For a linear or multivariate regression the average of our residuals (the difference between each observation and prediction) should be zero.

The root mean squared error (RMSE) is shown here. It shouldn’t be zero since the residuals are squared before summing them up. We technically should use the standard error of the estimate, but RMSE remains a common error metric. We can always do both. The standard error of the estimate takes into account the degrees of freedom which which now includes all of the independent variables (p).
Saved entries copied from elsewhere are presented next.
ghost use Rattle.std.specs.Prelude.{◌≤◌};
ghost use Rattle.tree_search.specs.Ranges.{AreOrdered};
ghost use Rattle.tests_search.specs.Weak.{IsWeakCost};

use crate::weak::Weak;
use cert_lines::Claim;
use certificate::longest;
use std::alloc::Global;
use std::process::Abort;
use tree_search::{Limits, Range, search, strip};

// Ranges of 4 and of 3 choices.
fn two_ranges(rt: &impl Abort, alloc: Global) -> Vec<Range>
    ensures { AreOrdered result.items }
{
    let mut ranges = Vec::new(alloc);
    ranges.push(Range { low: 2, high: 5 }).expect(rt, "memory");
    ranges.push(Range { low: 0, high: 2 }).expect(rt, "memory");
    ranges
}

// The claim, the nodes and the longest path of a search of 4 times 3 choices by a weak guide, after a first cost.
fn searched_by(
    rt: &impl Abort,
    alloc: Global,
    guide: &Weak,
    first: Option<u128>,
    budget: u64,
    gap: Option<u32>,
) -> (Claim, u64, u64)
    requires first { IsWeakCost first }
    requires budget { 1 ≤ budget }
{
    let ranges = two_ranges(rt, alloc);
    let mut best = first;
    let found = search(alloc, guide, ranges, &mut best, budget, Limits { gap }).expect(
        rt, "memory",
    );
    (
        found.claim,
        found.nodes,
        longest(&strip(alloc, found.tree).expect(rt, "memory")),
    )
}

// The same without a cost and a gap.
fn searched(rt: &impl Abort, alloc: Global, budget: u64, evidence: u128) -> (Claim, u64, u64)
    requires { 1 ≤ budget }
{
    let guide = Weak {
        evidence,
        is_ending: false,
    };
    searched_by(rt, alloc, &guide, None, budget, None)
}

#[test]
fn twelve_choices_take_23_nodes(rt: HostRuntime) {
    let alloc = rt.alloc();
    assert_eq!(rt; searched(&rt, alloc, 24, 0), (Claim::Optimal(1), 23, 4));
    assert_eq!(rt; searched(&rt, alloc, 23, 0), (Claim::Optimal(1), 23, 4));
    assert_eq!(rt; searched(&rt, alloc, 22, 0), (Claim::Bound(0), 21, 4));
    assert_eq!(rt; searched(&rt, alloc, 1, 0), (Claim::Bound(0), 1, 0));
}

#[test]
fn numbers_rise_where_evidence_is_asked_for(rt: HostRuntime) {
    let alloc = rt.alloc();
    assert_eq!(rt; searched(&rt, alloc, 22, 1), (Claim::Optimal(1), 21, 4));
    assert_eq!(rt; searched(&rt, alloc, 1, 1), (Claim::Bound(1), 1, 0));
}

// A leaf says 0 where the best cost is 1: the whole cost lies above the bound.
#[test]
fn a_gap_ends_a_search(rt: HostRuntime) {
    let alloc = rt.alloc();
    let guide = Weak {
        evidence: 0,
        is_ending: false,
    };
    for (gap, found) in [
        (None, (Claim::Optimal(1), 23, 4)),
        (Some(9_999u32), (Claim::Optimal(1), 23, 4)),
        (Some(10_000), (Claim::Bound(0), 1, 0)),
        (Some(u32::MAX), (Claim::Bound(0), 1, 0)),
    ] {
        assert_eq!(rt; searched_by(&rt, alloc, &guide, Some(1), 24, gap), found);
    }
}

// A guide that ends the search at once leaves the root's leaf, at which evidence is asked for.
#[test]
fn a_guide_ends_a_search(rt: HostRuntime) {
    let alloc = rt.alloc();
    let guide = Weak {
        evidence: 1,
        is_ending: true,
    };
    assert_eq!(rt;
        searched_by(&rt, alloc, &guide, None, 24, None),
        (Claim::Bound(1), 1, 0)
    );
}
We can get the standard error of the estimate from our

\(RMSE = \sqrt{ \frac{1}{N} \sum_{i=1}^{n} [\widehat{y}(\overrightarrow{x_i})-y_i]^2 } = \sqrt{\overline{[\widehat{y}(\overrightarrow{x_i})-y_i]^2} }\)

\(s_{e}\) or \(s_{y/x} = \sqrt{ \frac{1}{N-p-1} \sum_{i=1}^{n} [\widehat{y}(\overrightarrow{x_i})-y_i]^2 }\)

  # Calculate RMSE

  rmse = sqrt(mean( (fitted.S_v_all$Compressive_Strength_28dy_hat -
                       fitted.S_v_all$Compressive_Strength_28dy)^2)  )
  
  print(str_c("     Root Mean Squared Error (RMSE): ",  
              rmse))
[1] "     Root Mean Squared Error (RMSE): 2.50527978593714"
  print(str_c("Standard Error of the Estimate (se): ", 
              summary(linear_model.S_v_all)$sigma))  # you have to dig for this one!
[1] "Standard Error of the Estimate (se): 2.6086576339523"

And finally our correlation coefficient (which is basically our coefficient of determination before the “R” is “squared”)

  # Get The Unadjusted Correlation Coefficient

  r = cor(x = fitted.S_v_all$Compressive_Strength_28dy,     # the x-value 
          y = fitted.S_v_all$Compressive_Strength_28dy_hat, # the y-value
          method = "pearson"                                # method of correlation
          )
  
  print(str_c("                        correlation coefficient (r): ", r))
[1] "                        correlation coefficient (r): 0.94701611900088"
  print(str_c("                  coefficient of determination (r²): ", r^2, 
                                                                 " ", 
                                 summary(linear_model.S_v_all)$r.squared))
[1] "                  coefficient of determination (r²): 0.89683952964749 0.896837609814009"
  print(str_c("adjusted coefficient of determination (Adjusted r²): ", 
               summary(linear_model.S_v_all)$adj.r.squared))
[1] "adjusted coefficient of determination (Adjusted r²): 0.889236170537146"

9. Closing

And with that, we’re done… Once again, this exercise demonstrates a lot of tricks just to show how you can use R for various statistics. You may not use all of them in your encounters with R for linear or multivariate regression or even at all, but you may be able to cannibalize some of the tricks here for other applications.